**Task item:** Scan the entries line by line and return those with "shape".

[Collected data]

---------------

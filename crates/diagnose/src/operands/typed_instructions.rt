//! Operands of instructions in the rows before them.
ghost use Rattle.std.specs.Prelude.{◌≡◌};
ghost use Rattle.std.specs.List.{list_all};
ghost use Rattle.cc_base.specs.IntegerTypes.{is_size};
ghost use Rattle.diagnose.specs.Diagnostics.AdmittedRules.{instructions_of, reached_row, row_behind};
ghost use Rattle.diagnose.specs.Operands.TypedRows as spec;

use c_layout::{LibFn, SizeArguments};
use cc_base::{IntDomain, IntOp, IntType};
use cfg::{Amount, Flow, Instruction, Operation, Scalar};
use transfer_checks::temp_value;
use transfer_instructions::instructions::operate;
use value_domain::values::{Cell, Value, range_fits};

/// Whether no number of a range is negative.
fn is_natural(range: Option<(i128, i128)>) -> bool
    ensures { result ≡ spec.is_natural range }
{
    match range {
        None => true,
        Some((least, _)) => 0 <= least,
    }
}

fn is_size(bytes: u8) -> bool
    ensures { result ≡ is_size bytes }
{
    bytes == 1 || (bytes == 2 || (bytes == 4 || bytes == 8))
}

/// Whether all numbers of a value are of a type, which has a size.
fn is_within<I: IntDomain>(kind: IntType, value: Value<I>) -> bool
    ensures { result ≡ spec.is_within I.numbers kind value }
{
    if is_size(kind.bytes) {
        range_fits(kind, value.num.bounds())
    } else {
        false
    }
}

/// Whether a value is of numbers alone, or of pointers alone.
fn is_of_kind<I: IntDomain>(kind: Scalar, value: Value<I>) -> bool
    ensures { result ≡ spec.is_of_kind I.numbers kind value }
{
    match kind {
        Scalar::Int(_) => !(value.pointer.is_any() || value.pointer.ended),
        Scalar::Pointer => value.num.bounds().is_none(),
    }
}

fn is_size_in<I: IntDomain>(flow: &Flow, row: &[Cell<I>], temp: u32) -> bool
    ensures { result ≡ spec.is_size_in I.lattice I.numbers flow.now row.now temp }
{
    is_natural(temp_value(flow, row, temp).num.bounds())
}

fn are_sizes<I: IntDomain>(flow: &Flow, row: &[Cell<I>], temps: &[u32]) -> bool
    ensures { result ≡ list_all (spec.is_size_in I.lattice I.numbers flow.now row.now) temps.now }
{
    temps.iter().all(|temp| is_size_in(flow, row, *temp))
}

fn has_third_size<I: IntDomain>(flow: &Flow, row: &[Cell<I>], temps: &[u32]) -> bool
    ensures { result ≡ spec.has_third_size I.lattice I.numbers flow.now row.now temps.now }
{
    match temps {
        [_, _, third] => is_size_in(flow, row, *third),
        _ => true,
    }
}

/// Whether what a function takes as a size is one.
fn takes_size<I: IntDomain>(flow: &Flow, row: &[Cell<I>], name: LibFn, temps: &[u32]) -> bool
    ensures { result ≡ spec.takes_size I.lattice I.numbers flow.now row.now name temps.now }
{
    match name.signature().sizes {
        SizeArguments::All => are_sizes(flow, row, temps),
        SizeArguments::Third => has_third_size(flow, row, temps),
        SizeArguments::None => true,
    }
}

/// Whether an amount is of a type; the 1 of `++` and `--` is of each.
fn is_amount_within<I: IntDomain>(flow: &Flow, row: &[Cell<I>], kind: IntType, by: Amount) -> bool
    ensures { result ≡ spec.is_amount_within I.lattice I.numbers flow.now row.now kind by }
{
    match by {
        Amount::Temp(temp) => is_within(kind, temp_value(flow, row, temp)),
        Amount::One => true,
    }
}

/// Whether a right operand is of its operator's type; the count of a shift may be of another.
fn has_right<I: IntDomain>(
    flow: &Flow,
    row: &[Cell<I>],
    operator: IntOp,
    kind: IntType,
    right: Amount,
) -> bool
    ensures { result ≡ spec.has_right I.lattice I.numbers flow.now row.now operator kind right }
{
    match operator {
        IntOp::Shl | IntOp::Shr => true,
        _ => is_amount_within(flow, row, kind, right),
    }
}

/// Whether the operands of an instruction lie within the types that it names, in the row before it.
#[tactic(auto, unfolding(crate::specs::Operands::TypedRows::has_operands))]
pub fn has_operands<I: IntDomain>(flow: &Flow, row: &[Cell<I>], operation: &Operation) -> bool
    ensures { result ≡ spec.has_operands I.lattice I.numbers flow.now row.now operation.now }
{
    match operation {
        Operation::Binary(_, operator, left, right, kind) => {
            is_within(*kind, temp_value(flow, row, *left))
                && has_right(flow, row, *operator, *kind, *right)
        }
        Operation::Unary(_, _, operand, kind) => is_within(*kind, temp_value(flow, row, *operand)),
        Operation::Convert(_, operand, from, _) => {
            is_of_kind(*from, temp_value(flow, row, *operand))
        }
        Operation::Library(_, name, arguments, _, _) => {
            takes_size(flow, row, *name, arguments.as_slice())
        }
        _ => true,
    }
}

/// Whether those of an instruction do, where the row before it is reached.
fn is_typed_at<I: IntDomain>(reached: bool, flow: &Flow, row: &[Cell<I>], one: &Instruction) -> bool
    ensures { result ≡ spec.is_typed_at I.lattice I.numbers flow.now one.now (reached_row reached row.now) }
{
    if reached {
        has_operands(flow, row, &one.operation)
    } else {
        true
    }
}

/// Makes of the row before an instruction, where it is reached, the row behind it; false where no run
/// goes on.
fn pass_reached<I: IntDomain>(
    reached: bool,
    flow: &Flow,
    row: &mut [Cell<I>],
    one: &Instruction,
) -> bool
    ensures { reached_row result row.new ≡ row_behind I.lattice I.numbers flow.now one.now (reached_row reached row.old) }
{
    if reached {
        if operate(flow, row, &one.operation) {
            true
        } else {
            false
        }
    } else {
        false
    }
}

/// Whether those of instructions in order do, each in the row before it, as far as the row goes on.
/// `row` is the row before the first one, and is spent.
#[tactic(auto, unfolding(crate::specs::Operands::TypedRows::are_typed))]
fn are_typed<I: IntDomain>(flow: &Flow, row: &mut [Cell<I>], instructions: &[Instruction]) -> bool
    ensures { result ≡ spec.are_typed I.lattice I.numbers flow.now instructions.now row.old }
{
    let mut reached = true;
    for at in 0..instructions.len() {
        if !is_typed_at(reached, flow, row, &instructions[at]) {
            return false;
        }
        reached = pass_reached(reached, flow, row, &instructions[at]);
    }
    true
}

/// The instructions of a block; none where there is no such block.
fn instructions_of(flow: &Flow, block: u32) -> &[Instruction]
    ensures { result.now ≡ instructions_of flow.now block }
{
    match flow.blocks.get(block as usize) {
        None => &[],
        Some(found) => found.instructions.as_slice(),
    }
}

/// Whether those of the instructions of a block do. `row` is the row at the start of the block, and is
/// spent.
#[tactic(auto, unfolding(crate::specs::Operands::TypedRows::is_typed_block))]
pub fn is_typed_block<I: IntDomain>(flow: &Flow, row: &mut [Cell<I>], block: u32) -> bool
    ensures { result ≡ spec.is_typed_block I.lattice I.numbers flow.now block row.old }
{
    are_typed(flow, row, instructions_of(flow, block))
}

---------------

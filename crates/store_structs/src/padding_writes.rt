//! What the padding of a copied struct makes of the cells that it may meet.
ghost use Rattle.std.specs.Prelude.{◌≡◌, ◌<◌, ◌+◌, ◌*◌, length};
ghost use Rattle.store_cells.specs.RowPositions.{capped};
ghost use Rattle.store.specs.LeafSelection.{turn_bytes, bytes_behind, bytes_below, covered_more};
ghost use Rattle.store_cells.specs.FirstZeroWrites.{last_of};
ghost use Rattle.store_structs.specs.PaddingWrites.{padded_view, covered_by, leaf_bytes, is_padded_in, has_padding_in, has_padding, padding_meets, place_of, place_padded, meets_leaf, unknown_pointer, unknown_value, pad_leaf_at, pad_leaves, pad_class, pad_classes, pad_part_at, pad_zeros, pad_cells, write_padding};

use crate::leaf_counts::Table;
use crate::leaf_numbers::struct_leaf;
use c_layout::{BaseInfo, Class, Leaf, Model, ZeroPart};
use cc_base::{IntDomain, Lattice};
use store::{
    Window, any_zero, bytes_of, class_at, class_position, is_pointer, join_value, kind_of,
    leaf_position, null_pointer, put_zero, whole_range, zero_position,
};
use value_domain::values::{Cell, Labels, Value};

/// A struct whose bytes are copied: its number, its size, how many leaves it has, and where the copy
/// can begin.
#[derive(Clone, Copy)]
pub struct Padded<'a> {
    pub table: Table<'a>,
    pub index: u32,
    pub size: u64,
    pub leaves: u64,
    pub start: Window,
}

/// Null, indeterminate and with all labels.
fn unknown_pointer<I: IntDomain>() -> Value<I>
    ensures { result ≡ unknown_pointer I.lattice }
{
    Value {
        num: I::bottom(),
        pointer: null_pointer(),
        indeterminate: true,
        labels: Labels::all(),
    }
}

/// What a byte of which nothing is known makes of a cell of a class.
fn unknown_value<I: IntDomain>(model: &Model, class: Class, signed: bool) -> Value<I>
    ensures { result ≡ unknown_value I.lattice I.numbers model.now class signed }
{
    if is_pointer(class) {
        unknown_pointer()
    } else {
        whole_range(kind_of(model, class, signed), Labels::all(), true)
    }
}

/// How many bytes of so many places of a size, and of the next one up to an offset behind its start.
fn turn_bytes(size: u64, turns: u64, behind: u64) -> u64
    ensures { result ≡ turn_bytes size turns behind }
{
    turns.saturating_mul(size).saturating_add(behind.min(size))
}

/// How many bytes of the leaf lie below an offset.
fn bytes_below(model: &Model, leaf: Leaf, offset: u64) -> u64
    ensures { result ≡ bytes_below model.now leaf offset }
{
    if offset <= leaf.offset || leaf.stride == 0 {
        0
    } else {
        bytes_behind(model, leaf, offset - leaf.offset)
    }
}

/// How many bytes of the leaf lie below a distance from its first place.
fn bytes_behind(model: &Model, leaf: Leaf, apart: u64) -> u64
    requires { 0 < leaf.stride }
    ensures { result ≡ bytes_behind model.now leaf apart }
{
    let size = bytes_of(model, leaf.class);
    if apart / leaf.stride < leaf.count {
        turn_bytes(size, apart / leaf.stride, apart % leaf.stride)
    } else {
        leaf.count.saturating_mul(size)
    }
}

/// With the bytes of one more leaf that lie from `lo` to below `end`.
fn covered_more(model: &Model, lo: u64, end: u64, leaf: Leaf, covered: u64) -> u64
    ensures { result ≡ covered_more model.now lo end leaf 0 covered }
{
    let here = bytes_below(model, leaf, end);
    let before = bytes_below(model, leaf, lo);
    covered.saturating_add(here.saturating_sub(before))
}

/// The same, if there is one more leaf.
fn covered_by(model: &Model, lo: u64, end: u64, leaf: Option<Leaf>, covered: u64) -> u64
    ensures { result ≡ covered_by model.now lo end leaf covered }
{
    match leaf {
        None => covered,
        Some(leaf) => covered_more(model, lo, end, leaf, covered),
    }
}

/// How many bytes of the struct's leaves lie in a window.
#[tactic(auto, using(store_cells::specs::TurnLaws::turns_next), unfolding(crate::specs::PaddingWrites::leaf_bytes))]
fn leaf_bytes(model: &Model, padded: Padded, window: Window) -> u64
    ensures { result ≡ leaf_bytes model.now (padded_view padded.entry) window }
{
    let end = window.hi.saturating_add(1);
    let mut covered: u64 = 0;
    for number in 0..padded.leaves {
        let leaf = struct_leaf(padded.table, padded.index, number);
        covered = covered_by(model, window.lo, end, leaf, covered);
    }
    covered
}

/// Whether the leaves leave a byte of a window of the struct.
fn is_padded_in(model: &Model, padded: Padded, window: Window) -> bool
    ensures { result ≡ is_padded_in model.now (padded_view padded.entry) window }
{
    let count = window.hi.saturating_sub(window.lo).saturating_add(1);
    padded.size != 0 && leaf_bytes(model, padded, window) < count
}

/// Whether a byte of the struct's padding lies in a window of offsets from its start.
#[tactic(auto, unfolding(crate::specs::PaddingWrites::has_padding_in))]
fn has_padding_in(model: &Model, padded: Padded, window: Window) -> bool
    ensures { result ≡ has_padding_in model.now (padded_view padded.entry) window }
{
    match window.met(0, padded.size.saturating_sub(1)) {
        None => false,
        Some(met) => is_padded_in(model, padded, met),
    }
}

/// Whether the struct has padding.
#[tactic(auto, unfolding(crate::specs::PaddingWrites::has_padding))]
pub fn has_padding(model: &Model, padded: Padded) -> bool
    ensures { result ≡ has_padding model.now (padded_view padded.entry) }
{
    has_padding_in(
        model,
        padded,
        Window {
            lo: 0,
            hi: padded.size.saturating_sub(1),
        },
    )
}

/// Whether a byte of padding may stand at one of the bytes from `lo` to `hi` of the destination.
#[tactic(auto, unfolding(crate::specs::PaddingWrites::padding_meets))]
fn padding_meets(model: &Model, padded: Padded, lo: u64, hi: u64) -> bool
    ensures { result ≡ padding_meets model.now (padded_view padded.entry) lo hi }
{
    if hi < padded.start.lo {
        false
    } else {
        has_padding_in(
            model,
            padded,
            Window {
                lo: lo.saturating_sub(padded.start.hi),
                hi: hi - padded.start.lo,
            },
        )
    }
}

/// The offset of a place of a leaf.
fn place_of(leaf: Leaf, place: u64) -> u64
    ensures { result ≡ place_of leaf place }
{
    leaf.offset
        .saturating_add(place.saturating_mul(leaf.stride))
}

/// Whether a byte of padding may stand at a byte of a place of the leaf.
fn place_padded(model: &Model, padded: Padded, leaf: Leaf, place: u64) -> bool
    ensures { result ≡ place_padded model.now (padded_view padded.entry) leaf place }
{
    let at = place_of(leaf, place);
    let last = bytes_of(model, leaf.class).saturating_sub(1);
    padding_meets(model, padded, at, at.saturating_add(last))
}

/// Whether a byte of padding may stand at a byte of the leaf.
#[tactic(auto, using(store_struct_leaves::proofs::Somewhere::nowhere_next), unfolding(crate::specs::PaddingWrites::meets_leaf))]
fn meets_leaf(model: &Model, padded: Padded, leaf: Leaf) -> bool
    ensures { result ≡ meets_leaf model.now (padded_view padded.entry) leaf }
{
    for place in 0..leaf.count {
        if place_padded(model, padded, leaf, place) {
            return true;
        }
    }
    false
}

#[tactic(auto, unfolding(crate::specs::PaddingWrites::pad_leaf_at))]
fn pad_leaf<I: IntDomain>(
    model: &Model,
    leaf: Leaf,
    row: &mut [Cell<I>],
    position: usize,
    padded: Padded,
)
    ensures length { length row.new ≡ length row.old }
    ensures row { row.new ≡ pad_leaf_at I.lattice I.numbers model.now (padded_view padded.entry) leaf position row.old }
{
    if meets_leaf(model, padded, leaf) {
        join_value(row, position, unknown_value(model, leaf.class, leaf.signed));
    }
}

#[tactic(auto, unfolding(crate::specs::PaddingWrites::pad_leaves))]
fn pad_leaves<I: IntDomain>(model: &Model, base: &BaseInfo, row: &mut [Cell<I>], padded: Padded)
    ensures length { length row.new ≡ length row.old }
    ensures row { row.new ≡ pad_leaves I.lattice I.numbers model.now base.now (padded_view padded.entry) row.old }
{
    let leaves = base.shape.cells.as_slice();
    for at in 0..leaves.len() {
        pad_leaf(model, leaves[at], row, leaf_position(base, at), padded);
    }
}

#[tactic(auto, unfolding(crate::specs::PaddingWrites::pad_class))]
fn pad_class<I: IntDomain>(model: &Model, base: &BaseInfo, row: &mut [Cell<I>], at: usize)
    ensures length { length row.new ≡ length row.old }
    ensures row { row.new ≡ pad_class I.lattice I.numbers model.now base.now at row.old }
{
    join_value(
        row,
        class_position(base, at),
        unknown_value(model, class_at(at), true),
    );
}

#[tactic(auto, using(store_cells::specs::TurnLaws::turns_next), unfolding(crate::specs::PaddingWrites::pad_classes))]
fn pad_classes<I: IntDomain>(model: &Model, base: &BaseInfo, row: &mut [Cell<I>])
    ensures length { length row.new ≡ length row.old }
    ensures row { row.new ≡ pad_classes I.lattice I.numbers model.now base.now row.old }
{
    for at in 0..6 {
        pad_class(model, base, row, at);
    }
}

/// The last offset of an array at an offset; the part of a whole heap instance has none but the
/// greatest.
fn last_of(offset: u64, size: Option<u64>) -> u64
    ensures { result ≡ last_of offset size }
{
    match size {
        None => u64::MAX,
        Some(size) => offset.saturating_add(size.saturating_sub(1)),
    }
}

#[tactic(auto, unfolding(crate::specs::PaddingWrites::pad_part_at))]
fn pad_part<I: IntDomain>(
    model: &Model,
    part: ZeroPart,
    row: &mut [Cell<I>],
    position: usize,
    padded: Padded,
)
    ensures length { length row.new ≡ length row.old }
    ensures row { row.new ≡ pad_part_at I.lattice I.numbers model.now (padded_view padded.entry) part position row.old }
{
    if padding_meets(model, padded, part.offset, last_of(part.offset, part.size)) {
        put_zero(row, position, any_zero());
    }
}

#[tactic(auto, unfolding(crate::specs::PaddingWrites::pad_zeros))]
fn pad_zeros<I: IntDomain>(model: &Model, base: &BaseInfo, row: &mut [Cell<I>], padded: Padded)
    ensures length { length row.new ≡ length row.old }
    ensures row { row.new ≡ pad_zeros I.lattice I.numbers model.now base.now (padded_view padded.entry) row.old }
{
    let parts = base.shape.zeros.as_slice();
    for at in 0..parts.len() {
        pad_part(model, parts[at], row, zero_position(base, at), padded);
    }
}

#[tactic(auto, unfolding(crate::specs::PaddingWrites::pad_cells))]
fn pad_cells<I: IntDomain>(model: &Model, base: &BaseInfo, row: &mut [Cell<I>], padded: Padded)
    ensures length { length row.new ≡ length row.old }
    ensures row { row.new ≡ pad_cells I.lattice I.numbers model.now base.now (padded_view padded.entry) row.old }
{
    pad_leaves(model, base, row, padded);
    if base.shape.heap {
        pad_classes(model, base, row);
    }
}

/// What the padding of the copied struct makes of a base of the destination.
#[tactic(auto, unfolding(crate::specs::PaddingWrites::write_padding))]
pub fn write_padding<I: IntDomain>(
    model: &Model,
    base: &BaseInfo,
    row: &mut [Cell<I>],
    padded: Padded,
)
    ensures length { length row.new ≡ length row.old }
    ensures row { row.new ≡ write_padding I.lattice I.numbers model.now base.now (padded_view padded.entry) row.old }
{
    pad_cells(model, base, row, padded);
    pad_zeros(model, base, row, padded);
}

---------------

**Output of the task:**
    let leaves = base.shape.cells.as_slice();
    let parts = base.shape.zeros.as_slice();
    if base.shape.heap {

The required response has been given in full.